# The Core : Head Count



## Flayed 0ne (Aug 29, 2010)

to clearify....there are eleven Bleeding Eyes left at the end of The Core?

...i ask because im putting alitttle ADB in my Night Lords Army (progress pics to be posted in the coming week)...while thier description defies "easy" conversion i do plan to represent them as more "beastial"...but i should at least get the numbers right :wink:

...so thats eleven Bleeding Eyes and six suits of Termie Armor?...now all i need to do is commission someone to sculpt Night Lords Termie shoulders...:shok:

...also, is Deltrian the same Tech-Priest from Soul Hunter?...i cant for the life of me remember and i dont have my books handy to look it up myself...

Cheers!


----------



## Lord of the Night (Nov 18, 2009)

Only eleven of the Bleeding Eyes are still alive, and yes they recovered six suits of Terminator armour but don't forget about the Atramentar.

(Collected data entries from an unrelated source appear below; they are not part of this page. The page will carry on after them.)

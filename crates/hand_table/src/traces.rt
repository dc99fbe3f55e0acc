//! Traces, scripts and faults as text.
use crate::event_words::event_text;
use crate::words::row_text;
use chip_ledger::{LiveRow, Seat};
use hand_canon::Trace;
use play_event::{Illegal, Script};
use replay_core::ReplayFault;
use std::alloc::{AllocError, Global};

/// The end of a trace: finishing stacks; each pot with its rake, the seats that may win it and
/// their shares; what is returned; and who is shown or mucks.
pub fn trace_text(alloc: Global, trace: &Trace) -> Result<String, AllocError> {
    let finish = row_text(alloc, &trace.finish)?;
    let mut text = format!(in alloc; "finish {finish}")?;
    for index in 0..usize::from(trace.pots.count) {
        let pot = &trace.pots.pots[index];
        let chips = pot.chips;
        let rake = trace.setup.rakes.rakes[index];
        let eligible = seats_text(alloc, &pot.eligible)?;
        let shares = row_text(alloc, &trace.shares.shares[index])?;
        write!(text, "; pot {chips} less {rake} for {eligible}: {shares}")?;
    }
    let returned = row_text(alloc, &trace.pots.returned)?;
    let shown = seats_text(alloc, &trace.shown)?;
    let mucked = seats_text(alloc, &trace.mucked)?;
    write!(
        text,
        "; returned {returned}; shown {shown}; mucked {mucked}"
    )?;
    Ok(text)
}

/// The seats of a row that are flagged, such as `13`, or `-` for none.
pub fn seats_text(alloc: Global, row: &LiveRow) -> Result<String, AllocError> {
    let mut text = String::new(alloc);
    for index in 0..row.seats {
        let seat = Seat { number: index + 1 };
        if row.get(seat) {
            let number = seat.number;
            write!(text, "{number}")?;
        }
    }
    if text.is_empty() {
        text.push_str("-")?;
    }
    Ok(text)
}

/// The fault of a script.
pub fn fault_text(alloc: Global, fault: ReplayFault) -> Result<String, AllocError> {
    match fault {
        ReplayFault::Illegal { event, at, why } => {
            let reason = reason_text(alloc, why)?;
            format!(in alloc; "event {event}, action {at}: {reason}")
        }
        ReplayFault::EndsEarly { events } => format!(in alloc; "ends early after {events} events"),
        ReplayFault::RakeTooBig { pot } => format!(in alloc; "pot {pot}: rake too big"),
        ReplayFault::NoShownHand { pot } => format!(in alloc; "pot {pot}: no shown hand"),
        ReplayFault::Memory(_) => String::from_str(alloc, "out of memory"),
    }
}

fn reason_text(alloc: Global, reason: Illegal) -> Result<String, AllocError> {
    match reason {
        Illegal::AmountDiffers { stated, due } => {
            format!(in alloc; "AmountDiffers stated {stated} due {due}")
        }
        _ => format!(in alloc; "{reason:?}"),
    }
}

/// The events of a script, each in words that can be read back.
pub fn script_text(alloc: Global, script: &Script) -> Result<String, AllocError> {
    let mut text = String::new(alloc);
    let mut cursor = script.cursor();
    for _ in 0..script.len() {
        let Some(event) = cursor.next() else {
            return Ok(text);
        };
        if !text.is_empty() {
            text.push_str("; ")?;
        }
        text.push_str(event_text(alloc, &event.kind)?.as_str())?;
    }
    Ok(text)
}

Malek and Garadon, and I think at least six others, five maybe since Vraal died.

And yeah Deltrian is the same tech-priest from _Soul Hunter_, he's a very important part of the 10th Company.


----------



## Flayed 0ne (Aug 29, 2010)

awesome...thanks Lord...on it!

wasnt too fond of the Exhalted and the Atramentar as the Exhalted wasnt much liked by anyone under him and the Atramentar were too loyal to him...at the same time, i dig how the Night Lords look down on those who fall to Chaos but are still stuck with dealing with them hehe, its an interesting dynamic...i ~do~ like the Bleeding Eyes though...theres something funny going on with them...whether it be Chaos or some other as of yet mentioned origin, they are very likeable and i look forward to seeing more of them...i just love Tech-Priests too..such interesting and quirky characters ~wherever~ they are found...good stuff

anyway...thanks again Lord!

:victory:


----------



## forkmaster (Jan 2, 2010)

Flayed 0ne said:


> to clearify....there are eleven Bleeding Eyes left at the end of The Core?
> 
> ...i ask because im putting alitttle ADB in my Night Lords Army (progress pics to be posted in the coming week)...while thier description defies "easy" conversion i do plan to represent them as more "beastial"...but i should at least get the numbers right :wink:
> 
> ...so thats eleven Bleeding Eyes and six suits of Termie Armor?...now all i need to do is commission someone to sculpt Night Lords Termie shoulders...:shok


My question is, what are Bleeding Eyes? Are those the Terminators elite in NL? I havent read _The Core_ just yet.


----------



## Lord of the Night (Nov 18, 2009)

Flayed 0ne said:


> awesome...thanks Lord...on it!
> 
> wasnt too fond of the Exhalted and the Atramentar as the Exhalted wasnt much liked by anyone under him and the Atramentar were too loyal to him...at the same time, i dig how the Night Lords look down on those who fall to Chaos but are still stuck with dealing with them hehe, its an interesting dynamic...i ~do~ like the Bleeding Eyes though...theres something funny going on with them...whether it be Chaos or some other as of yet mentioned origin, they are very likeable and i look forward to seeing more of them...i just love Tech-Priests too..such interesting and quirky characters ~wherever~ they are found...good stuff
> 
> ...


The Bleeding Eyes aren't Chaotic, they are just feral and bestial, like pack predators. The Warp may have influenced them a bit but they aren't with Chaos, their just hunters.



forkmaster said:


> My question is, what are Bleeding Eyes? Are those the Terminators elite in NL? I havent read _The Core_ just yet.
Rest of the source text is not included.